Problem to solve>
Copy out, from the data, each line containing the string "wide".

--- Available data ---

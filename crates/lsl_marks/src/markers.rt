//! Markers: where a copy reports, and what.

use crate::variables::Variable;
use lsl_value::Kind;

/// What a marker says.
#[derive(Clone, Copy, Debug, PartialEq, Eq)]
pub enum Moment {
    /// A routine was entered.
    Enter,
    /// A statement is about to begin.
    Statement,
    /// The condition of a loop comes again.
    Again,
    /// The body of a `do` begins.
    Body,
    /// A routine is about to be left.
    Leave,
    /// Only values are reported.
    Note,
}

/// The tick that passes after a marker.
#[derive(Clone, Copy, Debug, PartialEq, Eq)]
pub enum After {
    Nothing,
    /// One passes before the script does anything more.
    Tick,
    /// One passes before the same call's next marker, in a sleep whose time is worked out first.
    Sleep,
}

/// A marker: its script's unit, its routine, its lines, the tick that passes after it, the variables whose values
/// follow, and the locals that can be named there. Before a `return` it has the functions that are called there.
#[derive(Drop)]
pub struct Marker {
    pub moment: Moment,
    pub unit: usize,
    pub routine: usize,
    pub first: u32,
    pub last: u32,
    pub after: After,
    pub says: Vec<Variable>,
    pub names: Vec<Variable>,
    pub calls: Option<Vec<usize>>,
}

/// The word of a kind.
pub fn kind_word(kind: Kind) -> &'static str {
    match kind {
        Kind::Int => "integer",
        Kind::Str => "string",
        Kind::Key => "key",
        Kind::List => "list",
    }
}
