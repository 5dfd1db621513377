//! The bodies of statements in a copy.

use crate::markers::Moment;
use crate::statements::{Form, Statement};
use crate::tokens::{end_at, start_at};
use crate::variables::Variable;
use crate::writer::{Place, Sign, Writer};
use lsl_text::NoMemory;

impl Writer<'_, '_> {
    /// The markers at the start of a body, which gets braces where it has none.
    pub fn begin_body(&mut self, body: &Statement) -> Result<(), NoMemory> {
        if body.form == Form::Block {
            self.copy_to(end_at(self.source.tokens, body.first))?;
            return self.begin_of_body();
        }
        self.copy_to(start_at(self.source.tokens, body.first))?;
        self.put(b"{")?;
        self.begin_of_body()?;
        self.before(body, &[])
    }

    fn begin_of_body(&mut self) -> Result<(), NoMemory> {
        let Some(open) = self.open.last() else {
            return Ok(());
        };
        let Some(around) = open.statement else {
            return Ok(());
        };
        let carried = open.carried.clone()?;
        if around.form == Form::Do {
            self.note(Moment::Body, around.first, carried.as_slice())
        } else if carried.is_empty() {
            Ok(())
        } else {
            self.note(Moment::Note, around.first, carried.as_slice())
        }
    }

    /// The markers at the end of a body.
    pub fn end_body(&mut self, body: &Statement, after: &[Variable]) -> Result<(), NoMemory> {
        let last = body.end.saturating_sub(1);
        if body.form == Form::Block {
            return self.end_of_body(body, after);
        }
        self.copy_to(end_at(self.source.tokens, last))?;
        self.end_of_body(body, after)?;
        self.put(b"}")
    }

    fn end_of_body(&mut self, body: &Statement, after: &[Variable]) -> Result<(), NoMemory> {
        let Some(open) = self.open.last() else {
            return Ok(());
        };
        let Some(around) = open.statement else {
            return Ok(());
        };
        if around.form.is_loop() {
            let first = if around.form == Form::Do {
                body.end
            } else {
                around.first
            };
            let place = Place {
                moment: Moment::Again,
                first,
                last: first,
                after: open.after,
            };
            self.mark(place, after, None, Sign::Semicolon)
        } else if after.is_empty() {
            Ok(())
        } else {
            self.note(Moment::Note, body.end.saturating_sub(1), after)
        }
    }
}
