//! The lines of a trace.

ghost use Rattle.std.specs.Prelude.{◌≡◌, ◌++◌, OnOk, decimal, nat_lt};
ghost use Rattle.std.specs.List.{flat_map};
ghost use Rattle.lsl_text.specs.Quoted.{quoted};
ghost use Rattle.lsl_marks.specs.Lines.{at_words, cut_of, elements_of, line_of, number_after, parted, said_words, set_words, slot_word, after_byte, spaced, told_length, value_word, within_quotes};

use crate::entries::{Arrival, Entry, Value, What};
use crate::markers::{Marker, Moment, kind_word};
use crate::statements::Routine;
use crate::tokens::name_at;
use crate::units::Unit;
use crate::variables::{Slot, Variable};
use itoa::Buffer;
use lsl_text::{NoMemory, push_quoted};
use lsl_value::Kind;

/// A reported text of this many bytes may have been truncated.
const MAYBE_CUT: usize = 1021;

/// Appends a word after a space.
pub fn push_word(out: &mut Vec<u8>, word: &[u8]) -> Result<(), NoMemory>
    ensures { OnOk result (out.new.items ≡ out.old.items ++ spaced word.now) }
{
    out.push(b' ')?;
    out.extend_from_slice(word)
}

/// Appends a number after a space.
pub fn push_number(out: &mut Vec<u8>, n: u64) -> Result<(), NoMemory>
    ensures { OnOk result (out.new.items ≡ out.old.items ++ spaced (decimal n)) }
{
    let mut buffer = Buffer::new();
    push_word(out, buffer.format(n).as_bytes())
}

/// Appends a text in quotes after a space.
pub fn push_text(out: &mut Vec<u8>, text: &[u8]) -> Result<(), NoMemory>
    ensures { OnOk result (out.new.items ≡ out.old.items ++ spaced (quoted text.now)) }
{
    out.push(b' ')?;
    push_quoted(out, text)
}

/// Appends the lines of the scripts' files, whose numbers begin at 1.
pub fn push_files(out: &mut Vec<u8>, units: &[Unit]) -> Result<(), NoMemory> {
    for (place, unit) in units.iter().enumerate() {
        out.extend_from_slice(b"file")?;
        push_number(out, number_after(place))?;
        push_text(out, unit.name.as_slice())?;
        push_number(out, u64::from(unit.tier.number()))?;
        out.push(b'\n')?;
    }
    Ok(())
}

/// The number of what is at a place: they begin at 1.
fn number_after(place: usize) -> u64
    ensures { result ≡ number_after place }
{
    place.saturating_add(1) as u64
}

/// Appends the lines of a file's globals.
pub fn push_globals(out: &mut Vec<u8>, place: usize, unit: &Unit) -> Result<(), NoMemory> {
    for (slot, declared) in unit.outline.globals.iter().enumerate() {
        out.extend_from_slice(b"global")?;
        push_number(out, number_after(place))?;
        push_number(out, slot as u64)?;
        push_word(out, kind_word(declared.kind).as_bytes())?;
        push_word(out, name_at(unit.tokens(), declared.name))?;
        out.push(b'\n')?;
    }
    Ok(())
}

/// Appends the lines of the markers.
pub fn push_marks(out: &mut Vec<u8>, units: &[Unit], markers: &[Marker]) -> Result<(), NoMemory> {
    for (place, marker) in markers.iter().enumerate() {
        if let Some(unit) = units.get(marker.unit) {
            push_mark(out, place, unit, marker)?;
        }
    }
    Ok(())
}

fn push_mark(
    out: &mut Vec<u8>,
    place: usize,
    unit: &Unit,
    marker: &Marker,
) -> Result<(), NoMemory> {
    out.extend_from_slice(b"mark")?;
    push_number(out, number_after(place))?;
    push_number(out, number_after(marker.unit))?;
    out.push(b' ')?;
    if let Some(routine) = unit.outline.routines.get(marker.routine) {
        push_routine(out, unit, routine)?;
    }
    push_word(out, moment_word(marker.moment))?;
    push_number(out, u64::from(marker.first))?;
    push_number(out, u64::from(marker.last))?;
    out.push(b'\n')?;
    for variable in &marker.names {
        push_name(out, place, variable, name_at(unit.tokens(), variable.name))?;
    }
    for variable in &marker.says {
        if variable.slot == Slot::Result {
            push_name(out, place, variable, b"(result)")?;
        }
    }
    Ok(())
}

fn push_routine(out: &mut Vec<u8>, unit: &Unit, routine: &Routine) -> Result<(), NoMemory> {
    if let Some(state) = routine.state {
        out.extend_from_slice(name_at(unit.tokens(), state))?;
        out.push(b'.')?;
    }
    out.extend_from_slice(name_at(unit.tokens(), routine.name))
}

fn moment_word(moment: Moment) -> &'static [u8] {
    match moment {
        Moment::Enter => b"enter",
        Moment::Statement => b"stmt",
        Moment::Again => b"again",
        Moment::Body | Moment::Note => b"note",
        Moment::Leave => b"leave",
    }
}

fn push_name(
    out: &mut Vec<u8>,
    place: usize,
    variable: &Variable,
    name: &[u8],
) -> Result<(), NoMemory> {
    out.extend_from_slice(b"name")?;
    push_number(out, number_after(place))?;
    push_slot(out, variable.slot)?;
    push_word(out, kind_word(variable.kind).as_bytes())?;
    push_word(out, name)?;
    out.push(b'\n')?;
    Ok(())
}

fn push_slot(out: &mut Vec<u8>, slot: Slot) -> Result<(), NoMemory>
    ensures { OnOk result (out.new.items ≡ out.old.items ++ spaced (slot_word slot)) }
{
    match slot {
        Slot::Local(place) | Slot::Global(place) => push_number(out, place as u64),
        Slot::Result => push_word(out, b"result"),
    }
}

/// Appends the lines of entries.
pub fn push_entries(out: &mut Vec<u8>, entries: &[Entry<'_>]) -> Result<(), NoMemory>
    ensures { OnOk result (out.new.items ≡ out.old.items ++ flat_map line_of entries.now) }
{
    for entry in entries {
        push_entry(out, entry)?;
    }
    Ok(())
}

/// Appends the line of an entry.
fn push_entry(out: &mut Vec<u8>, entry: &Entry<'_>) -> Result<(), NoMemory>
    ensures { OnOk result (out.new.items ≡ out.old.items ++ line_of entry.now) }
{
    match &entry.what {
        What::At(arrival) => push_arrival(out, entry, arrival)?,
        What::Set(value) => push_set(out, value)?,
        What::Said(line) => push_said(out, entry, line)?,
    }
    out.push(b'\n')?;
    Ok(())
}

fn push_arrival(out: &mut Vec<u8>, entry: &Entry<'_>, arrival: &Arrival) -> Result<(), NoMemory>
    ensures { OnOk result (out.new.items ≡ out.old.items ++ at_words entry.now.step entry.now.segment arrival.now) }
{
    out.extend_from_slice(b"at")?;
    push_number(out, entry.step)?;
    push_number(out, entry.segment)?;
    push_number(out, arrival.script as u64)?;
    push_number(out, number_after(arrival.marker))?;
    push_number(out, arrival.serial)?;
    push_number(out, arrival.outer)
}

fn push_set(out: &mut Vec<u8>, value: &Value<'_>) -> Result<(), NoMemory>
    ensures { OnOk result (out.new.items ≡ out.old.items ++ set_words value.now) }
{
    out.extend_from_slice(b"set")?;
    push_number(out, value.serial)?;
    push_slot(out, value.variable.slot)?;
    push_value(out, value.variable.kind, value.told)
}

fn push_said(out: &mut Vec<u8>, entry: &Entry<'_>, line: &[u8]) -> Result<(), NoMemory>
    ensures { OnOk result (out.new.items ≡ out.old.items ++ said_words entry.now.step entry.now.segment line.now) }
{
    out.extend_from_slice(b"said")?;
    push_number(out, entry.step)?;
    push_number(out, entry.segment)?;
    push_word(out, line)
}

/// Appends a reported value after a space. It was reported in quotes.
fn push_value(out: &mut Vec<u8>, kind: Kind, told: &[u8]) -> Result<(), NoMemory>
    ensures { OnOk result (out.new.items ≡ out.old.items ++ spaced (value_word kind told.now)) }
{
    let inner = within_quotes(told);
    match kind {
        Kind::Int => push_word(out, inner),
        Kind::Str | Kind::Key => {
            push_word(out, told)?;
            push_cut(out, inner)
        }
        Kind::List => {
            push_word(out, b"[")?;
            push_elements(out, inner)?;
            push_cut(out, inner)?;
            out.push(b']')?;
            Ok(())
        }
    }
}

/// Appends two dots if the text may have been truncated.
fn push_cut(out: &mut Vec<u8>, inner: &[u8]) -> Result<(), NoMemory>
    ensures { OnOk result (out.new.items ≡ out.old.items ++ cut_of inner.now) }
{
    if is_short(inner) {
        Ok(())
    } else {
        out.extend_from_slice(b"..")
    }
}

fn within_quotes(told: &[u8]) -> &[u8]
    ensures { result.now ≡ within_quotes told.now }
{
    if told.len() < 2 {
        told
    } else {
        &told[1..told.len() - 1]
    }
}

/// Whether a text with this quoted form can't have been truncated.
#[tactic(auto, using(crate::proofs::Lengths::length_first))]
fn is_short(inner: &[u8]) -> bool
    ensures { result ≡ nat_lt (told_length inner.now) 1021 }
{
    let mut count = 0;
    let mut rest = inner;
    'bytes: while let [b, more @ ..] = rest {
        count += 1;
        if count == MAYBE_CUT {
            return false;
        }
        rest = after_byte(*b, more);
    }
    true
}

/// What follows a byte, and the byte that it escapes.
fn after_byte(b: u8, more: &[u8]) -> &[u8]
    ensures { result.now ≡ after_byte b more.now }
{
    match more {
        [_, after @ ..] if b == b'\\' => after,
        _ => more,
    }
}

/// Appends the elements of a list, which was reported with broken bars between them.
fn push_elements(out: &mut Vec<u8>, inner: &[u8]) -> Result<(), NoMemory>
    ensures { OnOk result (out.new.items ≡ out.old.items ++ elements_of inner.now) }
{
    if inner.is_empty() {
        return Ok(());
    }
    out.push(b'"')?;
    push_parted(out, inner)?;
    out.push(b'"')?;
    Ok(())
}

/// Appends bytes, with a closing and an opening quote in place of each broken bar.
fn push_parted(out: &mut Vec<u8>, inner: &[u8]) -> Result<(), NoMemory>
    ensures { OnOk result (out.new.items ≡ out.old.items ++ parted inner.now) }
{
    let mut rest = inner;
    'bytes: while let [b, more @ ..] = rest {
        match more {
            [0xa6, after @ ..] if *b == 0xc2 => {
                out.extend_from_slice(b"\", \"")?;
                rest = after;
            }
            _ => {
                out.push(*b)?;
                rest = more;
            }
        }
    }
    Ok(())
}
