use ras_cells::{Atom, CellType};
use ras_workload::{Outline, WorkloadFault, read_outline};
use std::alloc::AllocError;
use std::process::Abort;
use std::test::Fail;

/// The place behind the last heading, or the fault.
type Told = Result<usize, WorkloadFault>;

const TITLE: &[u8] = b"#rasq workload 1\n";

/// The texts one behind the other.
fn joined(rt: &impl AllocGlobal, parts: &[&[u8]]) -> Result<Vec<u8>, AllocError> {
    let mut text = Vec::new(rt.alloc());
    for part in parts {
        text.extend_from_slice(part)?;
    }
    Ok(text)
}

fn told(rt: &(impl Abort + AllocGlobal), text: &[u8]) -> Told {
    assert!(rt; text.len() < 4_294_967_296);
    let (_, behind) = read_outline(rt.alloc(), text)?;
    Ok(behind)
}

fn heading(line: u64) -> Told {
    Err(WorkloadFault::BadHeading { line })
}

const NO_END: Told = Err(WorkloadFault::NoEnd);

#[test]
fn headings_are_judged_in_order(rt: HostRuntime) -> Result<(), Fail> {
    let table: [(&[u8], Told); 18] = [
        (b"#end", Ok(21)),
        (b"#end\n#rasq report 1\n", Ok(22)),
        (b"-- nothing\n\n#end \t\n#", Ok(36)),
        (b"#types\n#setup\n#session A\n#session a\n#end", Ok(57)),
        (b"", NO_END),
        (b"#setup\ndrop collection G", NO_END),
        (b"#types\ntype A = wide", NO_END),
        (b"#type\n#end\n", heading(2)),
        (b"#types\n#types\n#end\n", heading(3)),
        (b"#setup\n#types\n#end\n", heading(3)),
        (b"#session A\n#setup\n#end\n", heading(3)),
        (b"#session\n#end\n", heading(2)),
        (b"#session  A\n#end\n", heading(2)),
        (b"#session Select\n#end\n", heading(2)),
        (b"#session A\n#session a\n#session A\n#end\n", heading(4)),
        (b"\n -- c\n ;\n#end\n", heading(4)),
        (b"#setup\n-- ;\ndrop collection G\n#end\n", heading(5)),
        (b"#types\ntype A = wide\n#end\n", heading(4)),
    ];
    for (rest, want) in table {
        let text = joined(&rt, &[TITLE, rest])?;
        assert_eq!(rt; told(&rt, &text), want, "{rest:?}");
    }
    let table: [(&[u8], Told); 4] = [
        (b"", heading(1)),
        (b"#rasq workload 2\n#end\n", heading(1)),
        (b"\n#rasq workload 1\n#end\n", heading(1)),
        (b"#rasq workload 1 \t\r\n#end", Ok(24)),
    ];
    for (text, want) in table {
        assert_eq!(rt; told(&rt, text), want, "{text:?}");
    }
    Ok(())
}

#[test]
fn type_lines_are_judged(rt: HostRuntime) -> Result<(), Fail> {
    let good: [&[u8]; 8] = [
        b"type A = char [*:*]",
        b"type A = unsigned short [-5:5, 0:*] tiles [0:255, 0:255] null [1, 3:4c]",
        b"type Type = {tile: bool, b: boolean} [-2147483648:2147483647]",
        b"-- of one\n type a=octet[*:*,*:*,*:*,*:*,*:*,*:*]",
        b"type A = short [1:1] null [-32768:-1,0:32767]",
        b"type A = long [*:*] tiles [0:65535]",
        b"type A = ulong [*:*] null [1,2,3,4,5,6,7,8]",
        b"type A = {a:bool,b:bool,c:bool,d:bool,e:bool,f:bool,g:bool,h:bool} [*:*]",
    ];
    for line in good {
        let text = joined(&rt, &[TITLE, b"#types\n", line, b";\n#end"])?;
        assert_eq!(rt; told(&rt, &text), Ok(text.len()), "{line:?}");
    }
    let wrong: [&[u8]; 33] = [
        b"",
        b"typ A = char [*:*]",
        b"Type A = char [*:*]",
        b"type null = char [*:*]",
        b"type min = char [*:*]",
        b"type A = grey [*:*]",
        b"type A = char",
        b"type A = char []",
        b"type A = char [1]",
        b"type A = char [1:2:3]",
        b"type A = char [*:*] tiles [1:2]",
        b"type A = char [*:*] tiles [00:2]",
        b"type A = char [*:*] tiles [0c:2]",
        b"type A = char [*:*] null [0] tiles [0:1]",
        b"type A = char [*:*] null []",
        b"type A = char [*:*] 1",
        b"type A = float [*:*]",
        b"type A = char [300c:*]",
        b"type A = wide [*:*]",
        b"type A = {r: wide} [*:*]",
        b"type A = {r: char, r: octet} [*:*]",
        b"type A = {tiles: char} [*:*]",
        b"type A = {a:bool,b:bool,c:bool,d:bool,e:bool,f:bool,g:bool,h:bool,i:bool} [*:*]",
        b"type A = {r: char} [*:*] null [0]",
        b"type A = char [*:2147483648]",
        b"type A = char [-2147483649:*]",
        b"type A = char [1:0]",
        b"type A = char [*:*,*:*,*:*,*:*,*:*,*:*,*:*]",
        b"type A = char [*:*] tiles [0:1,0:1]",
        b"type A = char [*:*] tiles [0:65536]",
        b"type A = char [*:*] null [256]",
        b"type A = char [*:*] null [2:1]",
        b"type A = char [*:*] null [1:2,2:3]",
    ];
    for line in wrong {
        let text = joined(&rt, &[TITLE, b"#types\n\n", line, b";\n#end"])?;
        let want = Err(WorkloadFault::BadType { line: 4 });
        assert_eq!(rt; told(&rt, &text), want, "{line:?}");
    }
    Ok(())
}

#[test]
fn types_of_one_name_are_refused(rt: HostRuntime) -> Result<(), Fail> {
    let lines = b"#types\ntype A = char [*:*];\n -- again\n type A = char [*:*];\n#end";
    let text = joined(&rt, &[TITLE, lines])?;
    assert_eq!(rt; told(&rt, &text), Err(WorkloadFault::BadType { line: 5 }));
    Ok(())
}

/// So many sessions s0, s1, .. without statements.
fn sessions(rt: &impl AllocGlobal, count: usize) -> Result<Vec<u8>, AllocError> {
    let mut text = Vec::from_slice(rt.alloc(), TITLE)?;
    for number in 0..count {
        let heading = format!(in rt.alloc(); "#session s{number}\n")?;
        text.extend_from_slice(heading.as_bytes())?;
    }
    text.extend_from_slice(b"#end\n")?;
    Ok(text)
}

/// So many empty statements on line 3, and more behind them.
fn statements(rt: &impl AllocGlobal, count: usize, more: &[u8]) -> Result<Vec<u8>, AllocError> {
    let mut text = joined(rt, &[TITLE, b"#session A\n"])?;
    for _ in 0..count {
        text.push(b';')?;
    }
    text.extend_from_slice(more)?;
    Ok(text)
}

#[test]
fn limits_are_kept(rt: HostRuntime) -> Result<(), Fail> {
    let text = sessions(&rt, 64)?;
    assert_eq!(rt; told(&rt, &text), Ok(text.len()));
    let text = sessions(&rt, 65)?;
    assert_eq!(rt;
        told(&rt, &text),
        Err(WorkloadFault::TooManySessions { line: 66 })
    );
    let text = statements(&rt, 10_000, b"\n#end\n")?;
    assert_eq!(rt; told(&rt, &text), Ok(text.len()));
    let text = statements(&rt, 10_001, b"\n#end\n")?;
    assert_eq!(rt;
        told(&rt, &text),
        Err(WorkloadFault::TooManyStatements { line: 3 })
    );
    // It is one too many as soon as it begins.
    let text = statements(&rt, 10_000, b"\n-- c\nx")?;
    assert_eq!(rt;
        told(&rt, &text),
        Err(WorkloadFault::TooManyStatements { line: 5 })
    );
    Ok(())
}

#[test]
fn a_small_workload_is_cut(rt: HostRuntime) {
    let text = b"#rasq workload 1\n#setup\n;\n#end\n";
    for len in 0..text.len() + 1 {
        let want = match len {
            0..=15 => heading(1),
            16..=17 | 23..=26 => NO_END,
            18..=22 => heading(2),
            27..=29 => heading(4),
            _ => Ok(len),
        };
        assert_eq!(rt; told(&rt, &text[..len]), want, "{len}");
    }
}

const BASE: &[u8] = b"#rasq workload 1
#types
type GreySet = char [*:*,*:*] tiles [0:1,0:1];
type NilSet = char [*:*] tiles [0:1] null [0:0];
type RgbSet = {red: char, green: char, blue: char} [*:*];
#setup
create collection G GreySet;
insert into G values marray p in [0:3,0:3] values 4*p[0]+p[1];
create collection N NilSet;
insert into N values marray p in [0:3] values 0;
create collection R RgbSet;
insert into R values marray p in [0:1] values {p[0], 10, 20};
#session A
select a[1:2,0] from G as a;
#end
";

fn base(rt: &(impl Abort + AllocGlobal)) -> Result<(Outline, usize), WorkloadFault> {
    assert!(rt; BASE.len() < 4_294_967_296);
    read_outline(rt.alloc(), BASE)
}

#[test]
fn the_base_workload_is_read(rt: HostRuntime) {
    let (outline, behind) = base(&rt).expect(&rt, "an outline");
    assert_eq!(rt; behind, 489);
    assert_eq!(rt; outline.types.len(), 3);
    let grey = outline.types.get(0);
    assert_eq!(rt; grey.name.bytes(), b"GreySet".as_slice());
    assert_eq!(rt; grey.cell, CellType::Atom(Atom::Char));
    assert_eq!(rt; grey.extents.as_slice(), [2, 2].as_slice());
    assert_eq!(rt; grey.bounds.len(), 2);
    assert_eq!(rt; grey.bounds[1].lo, -2_147_483_648);
    assert_eq!(rt; outline.types.get(1).nulls.as_slice(), [(0, 0)].as_slice());
    let colours = outline.types.get(2);
    assert_eq!(rt; colours.extents.as_slice(), [4096].as_slice());
    assert_eq!(rt; colours.names.as_slice().len(), 3);
    assert_eq!(rt; colours.names.as_slice()[1].bytes(), b"green".as_slice());
    let setup = outline.setup.as_slice();
    assert_eq!(rt; setup.len(), 6);
    assert_eq!(rt;
        setup[3].bytes(),
        b"insert into N values marray p in [0:3] values 0".as_slice()
    );
    let scripts = outline.scripts.as_slice();
    assert_eq!(rt; scripts.len(), 1);
    assert_eq!(rt; scripts[0].name.bytes(), b"A".as_slice());
    let statements = scripts[0].statements.as_slice();
    assert_eq!(rt; statements.len(), 1);
    assert_eq!(rt;
        statements[0].bytes(),
        b"select a[1:2,0] from G as a".as_slice()
    );
}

---

Expected answer>
        (b"#types\ntype A = wide", NO_END),
        (b"#types\ntype A = wide\n#end\n", heading(4)),
        b"type A = wide [*:*]",
        b"type A = {r: wide} [*:*]",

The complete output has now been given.